Saved data entries
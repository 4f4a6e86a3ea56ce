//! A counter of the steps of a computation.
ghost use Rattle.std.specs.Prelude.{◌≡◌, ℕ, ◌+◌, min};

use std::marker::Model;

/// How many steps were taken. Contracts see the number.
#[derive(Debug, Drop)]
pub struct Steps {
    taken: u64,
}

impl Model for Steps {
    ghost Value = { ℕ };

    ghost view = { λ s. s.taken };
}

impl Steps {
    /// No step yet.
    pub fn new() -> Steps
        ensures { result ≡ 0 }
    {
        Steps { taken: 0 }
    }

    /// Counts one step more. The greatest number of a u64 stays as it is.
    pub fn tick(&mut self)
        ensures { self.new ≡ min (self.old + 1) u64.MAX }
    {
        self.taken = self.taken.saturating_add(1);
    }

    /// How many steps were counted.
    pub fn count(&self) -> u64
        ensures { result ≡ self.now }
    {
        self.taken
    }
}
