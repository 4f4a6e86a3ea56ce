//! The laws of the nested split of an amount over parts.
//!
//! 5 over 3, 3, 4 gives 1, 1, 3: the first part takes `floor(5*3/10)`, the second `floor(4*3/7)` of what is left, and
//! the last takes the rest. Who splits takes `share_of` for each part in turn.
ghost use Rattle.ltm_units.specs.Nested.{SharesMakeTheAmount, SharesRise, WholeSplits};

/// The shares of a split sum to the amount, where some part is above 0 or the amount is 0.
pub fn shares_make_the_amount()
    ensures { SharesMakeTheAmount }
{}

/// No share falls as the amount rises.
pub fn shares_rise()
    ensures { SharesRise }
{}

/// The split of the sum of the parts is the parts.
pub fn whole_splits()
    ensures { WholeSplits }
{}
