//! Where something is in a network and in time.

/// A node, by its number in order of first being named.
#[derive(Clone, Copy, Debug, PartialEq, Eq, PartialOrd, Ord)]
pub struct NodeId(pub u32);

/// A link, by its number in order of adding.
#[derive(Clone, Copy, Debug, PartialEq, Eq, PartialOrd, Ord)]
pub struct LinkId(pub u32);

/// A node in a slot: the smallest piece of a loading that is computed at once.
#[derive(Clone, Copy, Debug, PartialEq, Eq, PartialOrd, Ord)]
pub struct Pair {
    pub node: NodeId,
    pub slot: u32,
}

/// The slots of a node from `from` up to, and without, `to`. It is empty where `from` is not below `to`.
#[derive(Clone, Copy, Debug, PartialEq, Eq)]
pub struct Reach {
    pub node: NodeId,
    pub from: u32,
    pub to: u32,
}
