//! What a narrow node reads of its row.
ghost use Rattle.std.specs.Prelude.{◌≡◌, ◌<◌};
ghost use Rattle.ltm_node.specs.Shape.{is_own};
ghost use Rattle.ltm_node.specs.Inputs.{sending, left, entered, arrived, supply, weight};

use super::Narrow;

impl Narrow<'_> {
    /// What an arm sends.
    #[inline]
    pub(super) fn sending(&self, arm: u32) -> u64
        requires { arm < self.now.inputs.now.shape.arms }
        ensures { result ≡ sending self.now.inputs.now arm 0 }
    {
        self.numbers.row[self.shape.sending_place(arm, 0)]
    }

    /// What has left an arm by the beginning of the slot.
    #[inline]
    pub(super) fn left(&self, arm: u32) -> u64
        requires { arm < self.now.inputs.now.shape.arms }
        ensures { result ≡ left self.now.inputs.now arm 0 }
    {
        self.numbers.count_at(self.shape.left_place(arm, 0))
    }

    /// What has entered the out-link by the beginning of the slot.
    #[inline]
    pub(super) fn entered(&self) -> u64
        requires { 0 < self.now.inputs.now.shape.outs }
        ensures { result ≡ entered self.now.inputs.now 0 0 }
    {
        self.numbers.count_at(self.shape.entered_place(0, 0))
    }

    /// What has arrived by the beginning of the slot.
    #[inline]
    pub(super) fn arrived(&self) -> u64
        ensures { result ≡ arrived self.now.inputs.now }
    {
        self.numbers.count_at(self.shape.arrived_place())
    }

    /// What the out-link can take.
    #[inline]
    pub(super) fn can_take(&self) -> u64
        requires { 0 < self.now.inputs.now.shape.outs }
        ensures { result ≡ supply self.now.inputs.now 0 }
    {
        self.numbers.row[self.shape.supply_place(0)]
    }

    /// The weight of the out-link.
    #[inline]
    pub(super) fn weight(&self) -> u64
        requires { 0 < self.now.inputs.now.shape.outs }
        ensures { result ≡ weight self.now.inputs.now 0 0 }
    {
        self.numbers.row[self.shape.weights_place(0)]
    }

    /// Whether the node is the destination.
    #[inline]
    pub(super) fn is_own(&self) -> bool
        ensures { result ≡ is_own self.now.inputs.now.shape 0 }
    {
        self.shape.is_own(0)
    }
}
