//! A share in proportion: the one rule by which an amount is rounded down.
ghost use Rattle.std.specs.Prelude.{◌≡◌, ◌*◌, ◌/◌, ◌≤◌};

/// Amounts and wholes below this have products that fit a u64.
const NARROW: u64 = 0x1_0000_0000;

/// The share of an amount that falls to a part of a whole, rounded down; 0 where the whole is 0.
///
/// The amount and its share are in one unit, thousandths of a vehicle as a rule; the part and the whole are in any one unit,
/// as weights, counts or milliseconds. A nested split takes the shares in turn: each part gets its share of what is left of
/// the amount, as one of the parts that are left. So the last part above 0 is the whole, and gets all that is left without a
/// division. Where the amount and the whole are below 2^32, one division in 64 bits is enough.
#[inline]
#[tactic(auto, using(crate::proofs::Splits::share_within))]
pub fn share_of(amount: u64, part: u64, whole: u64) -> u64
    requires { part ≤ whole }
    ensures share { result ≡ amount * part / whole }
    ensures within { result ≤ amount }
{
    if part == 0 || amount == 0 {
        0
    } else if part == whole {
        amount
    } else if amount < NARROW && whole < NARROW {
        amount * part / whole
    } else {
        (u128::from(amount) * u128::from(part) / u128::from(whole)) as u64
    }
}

--

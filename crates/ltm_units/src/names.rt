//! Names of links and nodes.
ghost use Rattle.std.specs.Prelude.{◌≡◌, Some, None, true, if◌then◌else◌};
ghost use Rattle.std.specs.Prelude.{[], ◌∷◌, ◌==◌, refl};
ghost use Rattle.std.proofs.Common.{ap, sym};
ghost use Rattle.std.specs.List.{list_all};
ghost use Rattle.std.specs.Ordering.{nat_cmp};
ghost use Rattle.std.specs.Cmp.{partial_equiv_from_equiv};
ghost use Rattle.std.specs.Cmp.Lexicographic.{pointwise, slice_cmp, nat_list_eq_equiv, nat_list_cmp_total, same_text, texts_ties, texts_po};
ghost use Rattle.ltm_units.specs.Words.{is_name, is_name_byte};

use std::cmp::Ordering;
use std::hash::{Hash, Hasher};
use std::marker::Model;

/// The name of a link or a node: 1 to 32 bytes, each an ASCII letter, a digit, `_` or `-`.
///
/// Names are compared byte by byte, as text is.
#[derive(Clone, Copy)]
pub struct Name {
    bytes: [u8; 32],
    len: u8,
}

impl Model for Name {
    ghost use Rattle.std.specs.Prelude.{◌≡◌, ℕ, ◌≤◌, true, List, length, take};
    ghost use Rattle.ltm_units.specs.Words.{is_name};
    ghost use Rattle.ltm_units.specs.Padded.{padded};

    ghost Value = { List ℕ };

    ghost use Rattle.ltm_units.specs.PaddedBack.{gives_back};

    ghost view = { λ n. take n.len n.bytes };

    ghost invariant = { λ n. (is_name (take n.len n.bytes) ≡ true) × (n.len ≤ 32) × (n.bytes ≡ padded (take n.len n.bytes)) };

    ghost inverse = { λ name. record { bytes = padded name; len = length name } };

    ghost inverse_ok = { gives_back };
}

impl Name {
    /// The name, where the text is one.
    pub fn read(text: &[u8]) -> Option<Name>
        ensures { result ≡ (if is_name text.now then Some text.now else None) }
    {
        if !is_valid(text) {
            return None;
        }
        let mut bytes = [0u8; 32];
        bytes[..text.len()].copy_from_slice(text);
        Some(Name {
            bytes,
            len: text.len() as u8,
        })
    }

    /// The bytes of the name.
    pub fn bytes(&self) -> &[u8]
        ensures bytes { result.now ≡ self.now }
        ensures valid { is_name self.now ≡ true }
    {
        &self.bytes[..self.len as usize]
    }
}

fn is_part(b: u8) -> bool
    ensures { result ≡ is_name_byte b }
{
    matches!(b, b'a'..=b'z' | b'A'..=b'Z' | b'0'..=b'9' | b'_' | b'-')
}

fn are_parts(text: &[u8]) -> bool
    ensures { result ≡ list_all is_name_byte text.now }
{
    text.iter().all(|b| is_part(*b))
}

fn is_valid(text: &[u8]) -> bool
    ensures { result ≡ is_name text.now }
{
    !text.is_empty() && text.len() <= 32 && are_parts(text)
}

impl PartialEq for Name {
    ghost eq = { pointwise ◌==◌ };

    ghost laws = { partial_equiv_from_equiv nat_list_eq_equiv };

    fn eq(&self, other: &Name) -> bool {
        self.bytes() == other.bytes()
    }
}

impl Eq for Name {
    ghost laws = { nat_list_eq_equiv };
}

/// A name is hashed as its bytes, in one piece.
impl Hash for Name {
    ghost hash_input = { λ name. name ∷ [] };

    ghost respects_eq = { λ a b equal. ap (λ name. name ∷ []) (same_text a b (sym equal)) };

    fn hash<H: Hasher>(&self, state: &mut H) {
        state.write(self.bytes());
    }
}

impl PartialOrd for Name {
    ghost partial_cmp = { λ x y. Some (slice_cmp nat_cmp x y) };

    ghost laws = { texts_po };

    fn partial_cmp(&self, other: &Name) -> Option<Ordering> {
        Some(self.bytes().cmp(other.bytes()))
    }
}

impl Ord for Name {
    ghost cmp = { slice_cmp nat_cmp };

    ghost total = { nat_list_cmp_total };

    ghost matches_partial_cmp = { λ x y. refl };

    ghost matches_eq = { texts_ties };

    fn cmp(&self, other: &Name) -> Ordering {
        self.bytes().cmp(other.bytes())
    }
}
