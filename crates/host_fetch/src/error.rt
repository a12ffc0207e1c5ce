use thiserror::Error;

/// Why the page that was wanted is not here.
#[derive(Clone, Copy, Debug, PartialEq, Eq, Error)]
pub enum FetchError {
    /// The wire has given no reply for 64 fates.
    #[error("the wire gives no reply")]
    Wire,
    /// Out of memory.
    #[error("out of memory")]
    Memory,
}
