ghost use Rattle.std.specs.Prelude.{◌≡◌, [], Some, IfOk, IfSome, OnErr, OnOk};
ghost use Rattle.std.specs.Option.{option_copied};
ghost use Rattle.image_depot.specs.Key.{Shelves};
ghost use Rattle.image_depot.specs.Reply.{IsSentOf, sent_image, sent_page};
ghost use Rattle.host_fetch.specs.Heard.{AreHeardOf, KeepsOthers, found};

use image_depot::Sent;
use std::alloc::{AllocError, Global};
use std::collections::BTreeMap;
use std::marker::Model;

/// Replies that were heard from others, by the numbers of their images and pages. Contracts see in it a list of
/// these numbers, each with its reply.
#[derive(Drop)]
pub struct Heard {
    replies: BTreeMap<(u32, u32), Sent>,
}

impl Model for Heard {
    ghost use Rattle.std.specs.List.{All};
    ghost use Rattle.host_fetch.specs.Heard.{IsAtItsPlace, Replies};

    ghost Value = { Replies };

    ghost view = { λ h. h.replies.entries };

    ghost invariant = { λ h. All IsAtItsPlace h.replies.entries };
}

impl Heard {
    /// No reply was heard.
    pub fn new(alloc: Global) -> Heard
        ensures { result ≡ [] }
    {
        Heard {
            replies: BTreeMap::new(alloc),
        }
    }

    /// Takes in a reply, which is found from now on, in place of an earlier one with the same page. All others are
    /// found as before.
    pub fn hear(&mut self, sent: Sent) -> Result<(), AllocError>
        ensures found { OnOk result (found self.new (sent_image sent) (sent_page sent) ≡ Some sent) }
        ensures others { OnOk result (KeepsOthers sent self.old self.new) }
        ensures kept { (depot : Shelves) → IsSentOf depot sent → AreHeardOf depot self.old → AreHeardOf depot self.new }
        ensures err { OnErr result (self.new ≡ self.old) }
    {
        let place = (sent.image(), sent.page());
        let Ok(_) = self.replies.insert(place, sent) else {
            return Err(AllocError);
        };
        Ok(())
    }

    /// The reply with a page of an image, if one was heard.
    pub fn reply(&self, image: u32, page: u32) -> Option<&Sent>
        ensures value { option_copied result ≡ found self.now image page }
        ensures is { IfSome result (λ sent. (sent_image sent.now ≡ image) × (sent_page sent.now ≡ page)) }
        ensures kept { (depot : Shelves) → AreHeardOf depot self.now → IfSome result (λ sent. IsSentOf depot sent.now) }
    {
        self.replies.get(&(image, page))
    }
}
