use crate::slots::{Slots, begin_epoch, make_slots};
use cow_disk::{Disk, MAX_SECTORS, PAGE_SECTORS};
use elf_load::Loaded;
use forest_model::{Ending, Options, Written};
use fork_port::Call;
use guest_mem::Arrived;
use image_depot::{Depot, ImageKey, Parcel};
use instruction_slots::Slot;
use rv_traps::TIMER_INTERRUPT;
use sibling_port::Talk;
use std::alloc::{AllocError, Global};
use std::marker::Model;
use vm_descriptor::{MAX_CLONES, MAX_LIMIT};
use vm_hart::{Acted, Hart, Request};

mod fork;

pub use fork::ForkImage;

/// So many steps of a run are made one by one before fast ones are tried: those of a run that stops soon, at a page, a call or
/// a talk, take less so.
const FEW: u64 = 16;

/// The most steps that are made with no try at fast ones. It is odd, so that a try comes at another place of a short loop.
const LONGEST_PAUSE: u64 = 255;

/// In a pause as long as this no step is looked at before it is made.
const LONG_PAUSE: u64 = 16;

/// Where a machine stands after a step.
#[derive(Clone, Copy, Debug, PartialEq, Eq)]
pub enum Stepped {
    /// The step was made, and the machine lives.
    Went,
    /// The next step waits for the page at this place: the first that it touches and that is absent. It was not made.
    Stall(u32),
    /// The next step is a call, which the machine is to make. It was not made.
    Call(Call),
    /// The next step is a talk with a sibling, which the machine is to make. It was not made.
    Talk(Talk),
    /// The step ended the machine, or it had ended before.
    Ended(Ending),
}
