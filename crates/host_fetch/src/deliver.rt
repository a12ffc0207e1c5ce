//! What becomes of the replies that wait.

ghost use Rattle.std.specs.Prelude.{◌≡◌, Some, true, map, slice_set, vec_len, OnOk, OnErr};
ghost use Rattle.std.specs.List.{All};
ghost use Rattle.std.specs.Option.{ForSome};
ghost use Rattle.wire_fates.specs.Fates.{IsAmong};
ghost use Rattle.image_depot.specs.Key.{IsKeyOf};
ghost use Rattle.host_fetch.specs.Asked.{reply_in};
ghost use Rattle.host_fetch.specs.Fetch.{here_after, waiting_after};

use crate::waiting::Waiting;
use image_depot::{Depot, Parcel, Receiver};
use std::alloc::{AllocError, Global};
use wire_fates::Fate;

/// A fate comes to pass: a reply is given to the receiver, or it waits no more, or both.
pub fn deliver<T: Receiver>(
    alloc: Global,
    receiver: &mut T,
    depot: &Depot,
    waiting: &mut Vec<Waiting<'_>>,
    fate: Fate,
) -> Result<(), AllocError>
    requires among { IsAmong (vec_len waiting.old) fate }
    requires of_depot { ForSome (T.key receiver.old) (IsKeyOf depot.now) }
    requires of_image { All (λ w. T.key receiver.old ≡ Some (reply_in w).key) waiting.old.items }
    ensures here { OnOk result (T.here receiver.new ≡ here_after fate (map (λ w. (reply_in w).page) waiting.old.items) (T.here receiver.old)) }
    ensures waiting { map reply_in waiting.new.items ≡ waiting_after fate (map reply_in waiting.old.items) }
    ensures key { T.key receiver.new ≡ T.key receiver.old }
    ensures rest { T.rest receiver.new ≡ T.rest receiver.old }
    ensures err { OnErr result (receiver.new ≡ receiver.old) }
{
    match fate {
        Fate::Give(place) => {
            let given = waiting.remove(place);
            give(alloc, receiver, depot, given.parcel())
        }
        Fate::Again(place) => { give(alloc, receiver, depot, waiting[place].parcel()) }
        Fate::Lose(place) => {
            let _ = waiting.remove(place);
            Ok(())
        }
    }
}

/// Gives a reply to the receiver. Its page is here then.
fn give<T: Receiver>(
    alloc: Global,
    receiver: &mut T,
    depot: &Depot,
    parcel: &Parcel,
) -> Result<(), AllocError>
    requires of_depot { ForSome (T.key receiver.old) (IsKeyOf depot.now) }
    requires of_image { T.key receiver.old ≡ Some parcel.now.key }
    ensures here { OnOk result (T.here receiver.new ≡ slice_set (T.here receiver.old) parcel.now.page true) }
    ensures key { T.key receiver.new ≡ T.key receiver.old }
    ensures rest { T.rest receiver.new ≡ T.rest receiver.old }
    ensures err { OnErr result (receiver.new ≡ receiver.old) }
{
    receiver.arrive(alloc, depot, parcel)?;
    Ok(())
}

PROBLEM DETAILS:
Wherever "filename" occurs in the records above, copy the line it sits in.

SOLUTION FOR THIS PROBLEM:
filename crates/ltm_units/src/names.rt
filename crates/host_fetch/src/error.rt
filename crates/host_fetch/src/deliver.rt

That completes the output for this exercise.